Do campo à indústria, o leite brasileiro passa por um conjunto de análises que vão desde a ordenha até o laboratório de controle de qualidade. Essa cadeia de testes não só assegura a segurança do consumidor, como também garante a conformidade com as normas do MAPA e do SIF, evitando perdas financeiras decorrentes de descarte de lotes não conformes.

Em Salto de Pirapora (SP), um plantel de 33 vacas Jersey recebe manejo intensivo para minimizar o estresse e otimizar a composição do leite. Cada animal é ordenhado duas vezes ao dia, totalizando cerca de 500 L, com dieta baseada em silagem de milho e grãos que sustenta níveis adequados de gordura e proteína.
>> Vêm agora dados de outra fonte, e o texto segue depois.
// A net with what stands along its route, and trying every plan of it.
ghost use Rattle.std.specs.Prelude.{◌≡◌, ◌<◌, min, length};
ghost use Rattle.search_theory.specs.Costs.{kind_of};
ghost use Rattle.every_plan.specs.Codes.{mark_of, marks_of, plans};
ghost use Rattle.every_plan.specs.Nets.{net_of};
ghost use Rattle.every_plan.specs.Shapes.{shape_room};
ghost use Rattle.every_plan.specs.Trying.{lower, accepted_cost, cost_of_code, by_trying};

use crate::shapes::RECORDS;
use cost::Cost;
use hand_plan::check_plan;
use net::limit::Limit;
use net::records::Route;
use plan_cost::plan_cost;

// A route, and the spare sites and the prices along it.
#[derive(Clone, Copy)]
pub(crate) struct Case<'a, P> {
    pub(crate) route: &'a Route,
    pub(crate) spare: &'a [u16],
    pub(crate) prices: &'a [Option<P>],
}

// The mark at an index: the driver's is 0, and those after it are the code's digits in fours, the lowest first.
#[tactic(auto, using(crate::proofs::Fours::fours_fit, crate::proofs::Fours::fours_some))]
fn mark_of(code: usize, index: usize) -> u8
    requires { index < shape_room }
    ensures { result ≡ mark_of code index }
{
    if index == 0 {
        0
    } else {
        (code / 4usize.pow(index as u32 - 1) % 4) as u8
    }
}

fn marks_of(code: usize) -> [u8; RECORDS]
    ensures { result ≡ marks_of code }
{
    std::array::from_fn(|index| mark_of(code, index))
}

// How many plans there are for so many records: four marks for each but the driver. For more records than a shape has
// no plan is tried.
#[tactic(auto, using(crate::proofs::Fours::fours_fit))]
fn plans(records: usize) -> usize
    ensures { result ≡ plans records }
{
    if records > RECORDS {
        0
    } else {
        4usize.pow(records.saturating_sub(1) as u32)
    }
}

// The lower of two costs, the first where they tie.
fn lower<P: Cost>(x: P, y: P) -> P
    ensures { result ≡ lower P.Cost.at_most x y }
{
    if x.at_most(y) { x } else { y }
}

impl<'a, P: Cost> Case<'a, P> {
    // How many of a shape's marks the route has use for.
    pub(crate) fn places(&self) -> usize
        ensures { result ≡ min (length (net_of self.now).records) shape_room }
    {
        self.route.records().len().min(RECORDS)
    }

    // What a plan costs, where the check accepts it.
    pub(crate) fn accepted_cost(&self, limit: Limit, marks: &[u8]) -> Option<P>
        ensures { result ≡ accepted_cost (kind_of P.Cost) (net_of self.now) limit.value marks.now }
    {
        check_plan(limit, self.route, self.spare, marks).ok()?;
        Some(plan_cost(self.route, self.prices, marks))
    }

    // What the plan of a code costs, where the check accepts it.
    fn cost_of_code(&self, limit: Limit, code: usize) -> Option<P>
        ensures { result ≡ cost_of_code (kind_of P.Cost) (net_of self.now) limit.value code }
    {
        let places = self.places();
        self.accepted_cost(limit, &marks_of(code)[..places])
    }

    // The cost of the cheapest of all plans that are accepted, if any is.
    pub(crate) fn by_trying(&self, limit: Limit) -> Option<P>
        ensures { result ≡ by_trying (kind_of P.Cost) (net_of self.now) limit.value }
    {
        (0..plans(self.route.records().len()))
            .filter_map(|code| self.cost_of_code(limit, code))
            .reduce(lower)
    }
}
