// Searches some hundred small nets in several kinds of cost and compares each answer with trying every plan there is. It
// says how many answers were compared and how many differed. Its contracts say what the plan of each code, the cheapest
// of them all, each verdict and the whole tally are; nothing is promised of what is printed. It uses the search, the check
// of a plan made by hand, the cost of a plan and the kinds of cost.
#![tactic(auto)]

mod comparing;
mod crowds;
mod shapes;
mod tallying;
mod trying;

use congestion::Congestion;
use cost::{Cost, Pair, Pricing};
use count::Count;
use crowds::CROWDS;
use grid::shape::Grid;
use search::SPARE_ROWS;
use search_cells::Entry;
use shapes::{RECORDS, SHAPES};
use std::io;
use tallying::{LIMITS, Tally, tried};
use worst_tile::WorstTile;

// The work cells that the search of any shape needs at the largest limit that is tried.
const CELLS: usize = (RECORDS + SPARE_ROWS) * (LIMITS + 1);

// What one kind of cost gives, with these places for prices and these cells.
fn print_kind<P: Pricing>(
    rt: &HostRuntime,
    kind: &str,
    grid: Grid,
    prices: &mut [Option<P>],
    cells: &mut [Option<Entry<P::Cell>>],
) -> io::Result<()> {
    let Tally {
        compared,
        plans,
        different,
    } = tried(grid, &SHAPES, &CROWDS, prices, cells);
    println!(rt; "{kind}: {compared} answers, {plans} plans, {different} different")
}

// The same, with arrays of its own. A macro makes them where the kind is known, since of an array of a type parameter it
// stays open that it has fewer than 2^63 bytes. Each kind has a function, since in one all the arrays would stand at once.
macro_rules! print_kind {
    ($rt:expr, $name:literal, $grid:expr, $kind:ty) => {{
        let mut prices: [Option<$kind>; RECORDS] = [None; RECORDS];
        let mut cells: [Option<Entry<<$kind as Cost>::Cell>>; CELLS] = [None; CELLS];
        print_kind::<$kind>($rt, $name, $grid, &mut prices, &mut cells)
    }};
}

fn print_count(rt: &HostRuntime, grid: Grid) -> io::Result<()> {
    print_kind!(rt, "count", grid, Count)
}

fn print_congestion(rt: &HostRuntime, grid: Grid) -> io::Result<()> {
    print_kind!(rt, "congestion", grid, Congestion)
}

fn print_worst_tile(rt: &HostRuntime, grid: Grid) -> io::Result<()> {
    print_kind!(rt, "worst tile", grid, WorstTile)
}

fn print_count_then_congestion(rt: &HostRuntime, grid: Grid) -> io::Result<()> {
    print_kind!(rt, "count, then congestion", grid, Pair<Count, Congestion>)
}

fn print_congestion_then_worst_tile(rt: &HostRuntime, grid: Grid) -> io::Result<()> {
    print_kind!(rt, "congestion, then worst tile", grid, Pair<Congestion, WorstTile>)
}

fn print_count_then_congestion_then_worst_tile(rt: &HostRuntime, grid: Grid) -> io::Result<()> {
    print_kind!(rt, "count, then congestion, then worst tile", grid, Pair<Count, Pair<Congestion, WorstTile>>)
}

fn main(rt: HostRuntime) -> io::Result<()> {
    let Ok(grid) = Grid::new(5, 5) else {
        return println!(rt; "no grid");
    };
    print_count(&rt, grid)?;
    print_congestion(&rt, grid)?;
    print_worst_tile(&rt, grid)?;
    print_count_then_congestion(&rt, grid)?;
    print_congestion_then_worst_tile(&rt, grid)?;
    print_count_then_congestion_then_worst_tile(&rt, grid)
}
Antes da ordenha mecânica, o “teste da caneca preta” avalia a espessura e outras características físico‑químicas, permitindo ajustes imediatos que impactam diretamente no sabor e na textura dos queijos produzidos.

Após a coleta, o leite é resfriado a 4 °C e transportado para uma fábrica local que processa aproximadamente 3 000 L/dia, provenientes de oito produtores. O estabelecimento aplica protocolos de pasteurização alinhados ao regulamento MAPA 15/2023 e realiza testes microbiológicos antes da liberação. Caso sejam detectadas falhas na pasteurização ou presença de bactérias, o lote é descartado, evitando riscos sanitários e possíveis sanções regulatórias, embora represente um custo direto de produção que pode chegar a 5 % do volume diário.

Na esfera acadêmica, estudantes de engenharia de alimentos e farmácia em Sorocaba (SP) praticam a identificação de fraudes como a adição de água ou soro, utilizando análises físico‑químicas (densidade, sólidos totais) e microbiológicas. Essa formação reforça a importância de auditorias internas e de terceiros, essenciais para a certificação de qualidade e para a defesa contra práticas ilícitas que podem comprometer a reputação da marca.

  • Impacto estratégico: a implementação de um sistema de monitoramento contínuo reduz perdas por descarte e melhora a rastreabilidade, atendendo às exigências do SIF e facilitando a exportação.
  • Oportunidade de investimento: tecnologias de sensores em tempo real e softwares de gestão de qualidade podem otimizar o controle de temperatura e detectar anomalias antes da chegada à indústria.
  • Benefício competitivo: laticínios que demonstram conformidade rigorosa conseguem posicionar seus queijos em nichos premium, como o Estrada de Ferro, que já acumula sete medalhas nacionais.

Para os tomadores de decisão, o cenário evidencia que a qualidade do leite não é apenas uma questão de segurança alimentar, mas um diferencial de mercado. Investir em boas práticas de manejo, em laboratórios bem equipados e em capacitação técnica traduz‑se em redução de custos operacionais, maior valor agregado dos produtos e maior resiliência frente a auditorias regulatórias.